3.4 Assume A and B starts once again with a cold cache at 0x10000 and 0x20000. What is the new hit percentage if we ran foo on a fully associative cache, with all other parameters staying the same?

50%

# 4 Dont Let Your Mind Float Away Now

Consider the following 16-bit representation for floating point numbers:



Bits per field: Sign: 1, Exponent: 6, Significand: 9

Everything else follows the IEEE standard 754 for floating point, except in 16 bits. The bias is 31.

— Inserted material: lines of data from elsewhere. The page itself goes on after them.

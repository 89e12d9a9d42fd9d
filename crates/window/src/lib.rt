// The window of a call: F, W, CP and the head frame; positions and frames going round; and one of two bytes.
#![tactic(auto)]

pub mod numbers; // one of two bytes, by a bound
pub mod positions; // positions and frames, going round

// The window of a call: F, W and CP, and the head frame.
#[derive(Clone, Copy)]
pub struct Window {
    pub slots: usize,
    pub frames: usize,
    pub current: usize,
    pub head: usize,
}
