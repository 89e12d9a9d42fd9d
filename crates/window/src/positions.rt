// Positions and frames, going round.
ghost use Rattle.std.specs.Prelude.{◌≡◌, ◌+◌, ◌-◌, ◌%◌, ◌<◌};
ghost use Rattle.model.specs.Tables as tables;
ghost use Rattle.model.specs.Window as model;
ghost use Rattle.window.specs.Window.{window_of, Measures, Proper, InWindow, Ticked};

use crate::Window;

// How far `to` lies ahead of `at`, going round m places.
pub fn ahead(m: usize, at: usize, to: usize) -> usize
    requires { (at < m) × (to < m) }
    ensures { result ≡ tables.ahead m at to }
{
    if at <= to {
        return to - at;
    }
    m - (at - to)
}

// One place on, going round m places.
pub fn next(m: usize, at: usize) -> usize
    requires { at < m }
    ensures { result ≡ (at + 1) % m }
{
    if at + 1 == m {
        return 0;
    }
    at + 1
}

// One place back, going round m places.
pub fn before(m: usize, at: usize) -> usize
    requires { at < m }
    ensures { result ≡ (at + m - 1) % m }
{
    if at == 0 {
        return m - 1;
    }
    at - 1
}

// The window of F slots to a frame, W frames and the current position CP.
pub fn window(slots: usize, frames: usize, current: usize) -> Window
    requires { Measures slots frames current }
    ensures is { window_of result ≡ record { slots = slots; frames = frames; current = current } }
    ensures proper { Proper result }
{
    Window {
        slots,
        frames,
        current,
        head: current / slots,
    }
}

impl Window {
    // How far a position lies on from the first one of the head frame.
    pub fn rank(self, p: usize) -> usize
        requires { InWindow self p }
        ensures { result ≡ model.rank (window_of self) p }
    {
        ahead(self.slots * self.frames, self.head * self.slots, p)
    }

    // Whether a position lies in the head frame and is not later than CP.
    pub fn passed(self, p: usize) -> bool
        requires { InWindow self p }
        ensures { result ≡ model.passed (window_of self) p }
    {
        self.rank(p) <= self.current - self.head * self.slots
    }

    pub fn newest(self) -> usize
        requires { Proper self }
        ensures { result ≡ model.newest (window_of self) }
    {
        before(self.frames, self.head)
    }

    // The window one position on.
    pub fn ticked(self) -> Window
        requires { Proper self }
        ensures is { Ticked self result }
    {
        let current = self.current + 1;
        if current < self.head * self.slots + self.slots {
            return Window { current, ..self };
        }
        if self.head + 1 == self.frames {
            return Window {
                current: 0,
                head: 0,
                ..self
            };
        }
        // past the last position of a frame is the first one of the next
        Window {
            current,
            head: self.head + 1,
            ..self
        }
    }
}
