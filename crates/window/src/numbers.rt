// One of two bytes.
ghost use Rattle.std.specs.Prelude.{◌≡◌, if◌then◌else◌, nat_lt};

// `below` where x is below a bound, else `other`.
pub fn select_below(x: u8, bound: u8, below: u8, other: u8) -> u8
    ensures { result ≡ (if nat_lt x bound then below else other) }
{
    if x < bound {
        return below;
    }
    other
}
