// What is said of a state that cannot be written.
ghost use Rattle.output.specs.Pages.{Puts};
ghost use Rattle.state_files.specs.Sentences as sentences;

use crate::Unstored;
use files::{Stopped, Unread, say};
use output::Page;
use std::io::{Error, ErrorKind};

// Room for the longest name that the system passes, and for the words around it.
const PAGE: usize = 131072 + 512;

pub fn cannot_store(name: &[u8], error: Error) -> Stopped {
    let mut page: Page<PAGE> = Page::blank();
    put_cannot_store(&mut page, name, Unstored::from(error));
    say(&page);
    Stopped::Failed
}

// What the system's error means, of a file that is written and renamed.
impl From<Error> for Unstored {
    fn from(error: Error) -> Unstored {
        match error.kind() {
            ErrorKind::StorageFull | ErrorKind::QuotaExceeded => Unstored::Full,
            ErrorKind::PermissionDenied | ErrorKind::ReadOnlyFilesystem => Unstored::Forbidden,
            ErrorKind::NotFound | ErrorKind::NotADirectory => Unstored::NoFolder,
            _ => Unstored::Other(Unread::from(error)),
        }
    }
}

fn put_cannot_store<const N: usize>(page: &mut Page<N>, name: &[u8], why: Unstored)
    ensures { Puts (sentences.cannot_store name.now why) page.old page.new }
{
    page.put_text(b"cannot write ");
    page.put_text(name);
    why.put(page);
    page.put_byte(b'\n');
}

impl Unstored {
    #[tactic(auto, unfolding(crate::specs::Sentences::why_unstored, output::specs::Quoted::bytes_of))]
    fn put<const N: usize>(self, page: &mut Page<N>)
        ensures { Puts (sentences.why_unstored self) page.old page.new }
    {
        match self {
            Unstored::Full => page.put_text(b": the disk is full"),
            Unstored::Forbidden => page.put_text(b": this user may not write it"),
            Unstored::NoFolder => page.put_text(b": there is no such folder"),
            Unstored::Other(reason) => reason.put(page),
        }
    }
}
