// The parts of a class, of its parent and of the line, in hundredths of a per cent. They are exact and cut, so the product of all shares
// on the way to the line is kept whole.
ghost use Rattle.std.specs.Prelude.{◌≡◌, ◌*◌, ◌^◌, ◌≤◌};
ghost use Rattle.input.specs.Limits.{whole, most_depth};
ghost use Rattle.input.specs.Classes.{Tree};
ghost use Rattle.drawing.specs.Parts as parts;
ghost use Rattle.drawing.specs.Stated.{PartOfParent, PartOfLine};

use input::{MOST_DEPTH, WHOLE};
use words::{long, word};

// Hundredths of a per cent in all of it.
pub const HUNDREDTHS: u64 = 10000;

// The parts that make a whole, as a long number.
const PARTS: u64 = WHOLE as u64;

#[tactic(auto, unfolding(crate::specs::Parts::of_parent))]
pub fn of_parent(share: u32) -> u64
    ensures { PartOfParent share result }
{
    HUNDREDTHS * long(share) / PARTS
}

// The part of the line that a row has, from the parents, depths and shares of all rows: slices, of any length, as whoever draws a table has them.
pub fn of_line(parents: &[u32], depths: &[u32], shares: &[u32], row: u32) -> u64
    ensures { PartOfLine parents.now depths.now shares.now row result }
{
    let steps = word(depths, row).min(MOST_DEPTH);
    let all = product(parents, shares, row, steps);
    (all / (PARTS as u128).pow(steps)) as u64
}

// The parts on the way up from a row, multiplied, and with the hundredths.
fn product(parents: &[u32], shares: &[u32], row: u32, steps: u32) -> u128
    requires { steps ≤ most_depth }
    ensures most { result ≤ parts.hundredths * whole ^ steps }
    ensures value { (tree : Tree) → tree.parents ≡ parents.now → tree.shares ≡ shares.now
        → result ≡ parts.hundredths * parts.product tree steps row }
{
    let mut product = HUNDREDTHS as u128;
    let mut at = row;
    for _ in 0..steps {
        let part = word(shares, at).min(WHOLE);
        product *= part as u128;
        at = word(parents, at);
    }
    product
}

4.1 Convert -15.125 into floating point. Write your answer in hexadecimal.

#### 0xB5B8

4.2 What is the value of the largest odd number that can be represented by the above floating point representation?

$$2^{10} - 1$$

4.3 How many positive, real numbers can be represented?

$$2^{15} - 2^9 - 1$$

## 5 Finite State Machines

5.1 Construct an FSM that outputs ones until 3 consecutive zeroes have appeared, at which point it outputs zeroes. How many states do we need?



We will need 4 states (without a START state) or 5 states (with a START state).

5.2 How many states would we need to construct an FSM that outputs ones until n non-consecutive zeroes have appeared?

Either n+1 without a start state or n+2 with a start state.

5.3 Construct an FSM that returns the XOR of all the inputs.



The values in the nodes are the outputs of the states.